Hubbard Peanut Company

An interview with Lynne H. Rabil, president of Hubbard Peanut Company

Hubbard Peanut Company Logo

APC: How did Hubbard Peanut Company start?

Hubbard House OriginalLR: After growing up in the depression and my dad serving during WWII and the Korean conflict, starting life was not easy for my parents and many others of their generation. Our mother, Dot, was a school teacher, but after I was born, she decided not to return to teaching. Before long, twins were on the way (born 18 months after me), and she wanted a little extra spending money to help my dad take care of our growing family in Sedley, Virginia. Having been raised in the largest peanut producing county in the country, she remembered how popular her family’s recipe for snack peanuts had been with her college friends during the war years. She knew that most people had never experienced the taste of top-quality Virginia peanuts, so with a great family recipe and a supply of peanuts grown on her father’s farm, Dot had everything needed to start a home-based business. We can’t pinpoint the day my dad first sold and delivered Dot’s unique peanuts to the Virginian Drugstore on Main Street in Franklin, but we know the year was 1954 and the price of a 1 oz. bag of Hubs peanuts was ten cents.

APC: Planters Peanuts were processed at that time next door in Suffolk. How did Hubbard Peanut compete?

LR: The process that Dot pioneered was different from Planters dry roasted snack peanuts. She perfected a technique/recipe that called for blanching peanuts in water before frying in oil. Ultimately, Dot’s specification for the largest peanuts from the crop and those that were too large to go through the peanut planting equipment became a new and highly sought after, but “unofficial,” USDA grading standard of Super Extra Large. I don’t think people were accustomed to the idea of giving peanuts as gifts until Dot began shipping gourmet Virginia peanuts directly into people’s homes and businesses.

APC: How did your father get involved?

LR: We’ve been telling Dot’s story throughout the years, but true success required teamwork. My dad’s hard work and entrepreneurial vision were as important as Dot’s daily juggle to manage family and business. HJ worked a full-time job at a paper company but, after work and on the weekends, he was integrally involved in every aspect of business at Hubbard Peanut Company – from designing packaging to planning and overseeing every building or equipment expansion. Early on, “Hub” (as he was known) was the key delivery man, dropping off small packets of peanuts that carried his nickname everywhere he went. Later, as the business grew and with help from local machinists, HJ invented equipment that would allow Dot to cook large volumes of peanuts more efficiently while maintaining freshness and quality.

APC: When did the family realize Hubbard Peanuts could be a viable and sustaining business?

LR: By the time my brother was born in 1958 (there were now four children), Dot was fully immersed in a thriving business and had moved beyond the kitchen to a separate building on the property for cooking and packaging. She began to hire people to assist. We children were always cheap labor, but I think the first iteration of a continuous cooking operation began around 1960. That’s when my parents knew Hubbard Peanut Company might send the four of us to college.

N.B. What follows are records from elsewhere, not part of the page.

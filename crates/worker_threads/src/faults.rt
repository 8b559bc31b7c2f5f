//! How many receives failed in a row.

use entrance::Admitted;
use ports::{MAX_FAULTS, ReceiveFault};
use std::marker::Model;

/// How many receives failed since the last one that didn't. Contracts see it as that number.
#[derive(Drop)]
pub(crate) struct Faults {
    in_a_row: u64,
}

impl Model for Faults {
    ghost use Rattle.std.specs.Prelude.{ℕ};

    ghost Value = { ℕ };

    ghost view = { λ f. f.in_a_row };
}

impl Faults {
    ghost use Rattle.std.specs.Prelude.{◌≡◌, ◌≤◌, ◌↔◌, IsTrue, is_ok};
    ghost use Rattle.worker_threads.specs.Faults.{faults_after};

    /// No receive failed yet.
    pub(crate) fn new() -> Faults
        ensures { result ≡ 0 }
    {
        Faults { in_a_row: 0 }
    }

    /// One more receive ended so.
    pub(crate) fn note(&mut self, admitted: &Result<Admitted, ReceiveFault>)
        ensures { self.new ≡ faults_after self.old (is_ok admitted.now) }
    {
        match admitted {
            Ok(_) => self.in_a_row = 0,
            Err(_) => self.in_a_row = self.in_a_row.saturating_add(1),
        }
    }

    /// Whether so many failed that the run ends.
    pub(crate) fn are_too_many(&self) -> bool
        ensures { IsTrue result ↔ (100 ≤ self.now) }
    {
        self.in_a_row >= MAX_FAULTS
    }
}
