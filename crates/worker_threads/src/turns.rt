//! The turns of the ingress: one receive and one tick each.

use crate::fault::UnitFault;
use crate::faults::Faults;
use crate::ingress::Ingress;
use entrance::{Admitted, Came, Entrance};
use ports::{Sink, Watch};
use rate_desk::{DeskCalls, SeatCalls};
use routes::Naming;
use std::sync::Wait;

/// What the turns take from outside.
#[derive(Drop)]
pub struct Inlet<E: Drop, W: Drop> {
    entrance: E,
    watch: W,
    faults: Faults,
}

impl<E: Entrance + Drop, W: Watch + Drop> Inlet<E, W> {
    /// The entrance and the watch of a run.
    pub fn new(entrance: E, watch: W) -> Inlet<E, W> {
        Inlet {
            entrance,
            watch,
            faults: Faults::new(),
        }
    }

    /// Makes so many turns, if all workers were started.
    pub(crate) fn run_started<D: DeskCalls, C: SeatCalls, J: Naming, S: Sink + Drop, R: Wait>(
        &mut self,
        rt: &R,
        ingress: &mut Ingress<'_, D, C, J, S>,
        started: Result<(), UnitFault>,
        turns: u64,
    ) -> Result<(), UnitFault> {
        match started {
            Ok(()) => self.run(rt, ingress, turns),
            Err(fault) => Err(fault),
        }
    }

    /// Makes so many turns, fewer if a stop comes: then that turn is the last. Ends early if memory is wanting or too many
    /// receives in a row fail.
    fn run<D: DeskCalls, C: SeatCalls, J: Naming, S: Sink + Drop, R: Wait>(
        &mut self,
        rt: &R,
        ingress: &mut Ingress<'_, D, C, J, S>,
        turns: u64,
    ) -> Result<(), UnitFault> {
        for _turn in 0..turns {
            if self.turn(rt, ingress)? {
                return Ok(());
            }
        }
        Ok(())
    }

    /// Takes in what the entrance lets in, then ticks if a tick is due, and tells the entrance of it. Says whether a stop came.
    fn turn<D: DeskCalls, C: SeatCalls, J: Naming, S: Sink + Drop, R: Wait>(
        &mut self,
        rt: &R,
        ingress: &mut Ingress<'_, D, C, J, S>,
    ) -> Result<bool, UnitFault> {
        let Came { moment, admitted } = self.entrance.receive(ingress.core.view())?;
        self.faults.note(&admitted);
        match admitted {
            Ok(Admitted::Taking) => ingress.take(rt, moment, self.entrance.taking())?,
            Ok(Admitted::Select { leg, on }) => ingress.select(rt, moment, leg, on)?,
            Ok(Admitted::Nothing | Admitted::Stop) | Err(_) => {}
        }
        if ingress.tick(rt, moment)? {
            self.entrance.ticked(moment);
        }
        if self.watch.is_due(moment) {
            self.watch.show(moment, &ingress.counts.status());
        }
        ingress.show_room(rt, &mut self.watch);
        if self.faults.are_too_many() {
            return Err(UnitFault::Receive);
        }
        Ok(matches!(admitted, Ok(Admitted::Stop)))
    }
}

APC: How did technology change the business?

LR: When Dot decided to start a business, there weren’t many mail order companies and even fewer who were shipping gourmet gift foods. There was no system for zip codes in the U.S. UPS wasn’t operating in Virginia, and FedEx had not yet been founded. At the time, there was no such thing as a credit card. Most typewriters were manual, and computers were only a dream.

Over the years, we transitioned with technology as needed and have tried to stay on the cutting edge while continuing to do things in the same manner that my parents did as far as attention to detail, quality and taking care of our customers.

APC: How has the American Peanut Council helped your business?

Hubbard House fullLR: The one thing that the Hubbard family has never lost sight of throughout time is quality.

Since joining the American Peanut Council in 2013, one of the most important benefits is to be surrounded by like-minded professionals – and professionals who are passionate about this industry.

From sourcing the best peanuts of the harvest to ensuring top notch service, the experience of each Hubs customer is paramount and on the minds of every member of the Hubs team. APC supports our mission and goals by offering thoughtful leadership on food safety, sustainability, and crisis and risk management.

With ever-changing technology, advances in the logistics industry, training and maintaining employee health and safety, safeguarding private information, increasing government regulations, as well as many other factors of growth and competition, we rely on APC for peanut-focused research, workshops, and education related to changes within the industry.

APC: Is there anything else you’d like to add?

LR: The goal of the Hubbard family and team members is to never lose sight of how and where the journey began. That’s not too hard because today, Hubs are still cooked in Sedley, right where they were originally born.